The coronavirus crisis sparked a record flight out of emerging market assets, with more than $90bn leaving bonds and stocks in March alone, according to the Institute of International Finance. But now the asset class is making a comeback.

This month’s breakthroughs in the hunt for an effective Covid-19 vaccine have fed optimism over the global economy, rekindling interest in some riskier investments. Emerging market currencies and stocks have been big winners, rallying hard for the past two weeks, while bonds have also made up lost ground. The broad-based rally took MSCI’s benchmark EM stock index into positive territory for the year, up more than 50 per cent since its March low.

And as Wall Street sets out its big ideas for 2021, EM is top of the list.

One in two fund managers in this month’s Bank of America survey picked emerging markets as their favourite for 2021. The sector will move “from resilience to outperformance” next year, Goldman Sachs analysts predicted. Renaissance Capital — an emerging and frontier market specialist often wary of making bullish calls — advised investors “to buy anything and everything” in the sector.

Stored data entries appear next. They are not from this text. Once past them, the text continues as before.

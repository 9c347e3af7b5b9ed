//! The heads of terms: what they take and give, and what makes them and takes them apart.

use crate::places::LinePlaces;
use crate::site_types::word_of_answer;
use crate::templates::push_template;
use cranelift_isle::sema::{ExtractorKind, Term, TermFlags, TermKind, TypeId};
use report_names::names::NameTables;
use std::alloc::{AllocError, Global};
use text_json::Json;

/// Adds all terms, by their ids.
pub(crate) fn push_all_heads(
    alloc: Global,
    json: &mut Json,
    names: NameTables<'_>,
    places: &LinePlaces<'_>,
) -> Result<(), AllocError> {
    json.begin_list_at("all_terms")?;
    for term in names.terms {
        json.begin_object()?;
        json.key_string("kind", word_of_kind(&term.kind))?;
        push_head(json, names, term)?;
        places.push_place(json, term.decl_pos)?;
        push_constructor(alloc, json, names, term)?;
        push_extractor(alloc, json, names, term)?;
        json.end()?;
    }
    json.end()
}

fn word_of_kind(kind: &TermKind) -> &'static str {
    match kind {
        TermKind::EnumVariant { .. } => "variant",
        TermKind::Struct => "struct",
        TermKind::Decl { .. } => "declared",
    }
}

/// Adds the name, the signature and the flags of a term.
pub(crate) fn push_head(
    json: &mut Json,
    names: NameTables<'_>,
    term: &Term,
) -> Result<(), AllocError> {
    json.key_string("name", names.sym(term.name))?;
    json.begin_object_at("signature")?;
    push_type_names(json, names, "arguments", &term.arg_tys)?;
    json.key_string("result", names.ty(term.ret_ty))?;
    json.end()?;
    push_flags(json, flags_of(&term.kind))
}

/// Adds the names of types at a key.
pub(crate) fn push_type_names(
    json: &mut Json,
    names: NameTables<'_>,
    key: &str,
    types: &[TypeId],
) -> Result<(), AllocError> {
    json.begin_list_at(key)?;
    for ty in types {
        json.string(names.ty(*ty))?;
    }
    json.end()
}

// The flags of a term: none where it isn't declared.
fn flags_of(kind: &TermKind) -> TermFlags {
    match kind {
        TermKind::Decl { flags, .. } => *flags,
        TermKind::EnumVariant { .. } | TermKind::Struct => TermFlags {
            pure: false,
            multi: false,
            partial: false,
            rec: false,
        },
    }
}

fn push_flags(json: &mut Json, flags: TermFlags) -> Result<(), AllocError> {
    json.begin_object_at("flags")?;
    json.key_flag("pure", flags.pure)?;
    json.key_flag("multi", flags.multi)?;
    json.key_flag("partial", flags.partial)?;
    json.key_flag("rec", flags.rec)?;
    json.end()
}

// Adds what makes the values of a declared term, or `null` where nothing does and for a term that a type makes.
fn push_constructor(
    alloc: Global,
    json: &mut Json,
    names: NameTables<'_>,
    term: &Term,
) -> Result<(), AllocError> {
    let Some(sig) = term.constructor_sig(alloc, names.tyenv)? else {
        return json.key_null("constructor");
    };
    let kind = if term.has_internal_constructor() {
        "rules"
    } else {
        "extern"
    };
    json.begin_object_at("constructor")?;
    json.key_string("kind", kind)?;
    json.key_string("function", &sig.func_name)?;
    json.key_string("answer", word_of_answer(sig.ret_kind))?;
    json.end()
}

// Adds what takes the values of a declared term apart, or `null` where nothing does and for a term that a type makes.
fn push_extractor(
    alloc: Global,
    json: &mut Json,
    names: NameTables<'_>,
    term: &Term,
) -> Result<(), AllocError> {
    let Some(sig) = term.extractor_sig(alloc, names.tyenv)? else {
        return json.key_null("extractor");
    };
    json.begin_object_at("extractor")?;
    push_taker(json, &term.kind, &sig.func_name)?;
    json.key_string("answer", word_of_answer(sig.ret_kind))?;
    json.end()
}

// Adds a term's template, or the function of this name that takes its values apart.
fn push_taker(json: &mut Json, kind: &TermKind, function: &str) -> Result<(), AllocError> {
    let TermKind::Decl {
        extractor_kind: Some(kind),
        ..
    } = kind
    else {
        return Ok(());
    };
    match kind {
        ExtractorKind::InternalExtractor { template } => {
            json.key_string("kind", "template")?;
            json.key("template")?;
            push_template(json, template)
        }
        ExtractorKind::ExternalExtractor { infallible, .. } => {
            json.key_string("kind", "extern")?;
            json.key_string("function", function)?;
            json.key_flag("infallible", *infallible)
        }
    }
}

Nick Robinson, investment director for emerging market equities at Aberdeen Standard Investments, said a recovery in economic activity may not even be needed to keep the EM equities rally running.

“Economic growth is always helpful but sometimes you just need valuations to have diverged too much,” he said. “You also need a catalyst, which so far has been the news about vaccines and investors starting to price in a return to normality.”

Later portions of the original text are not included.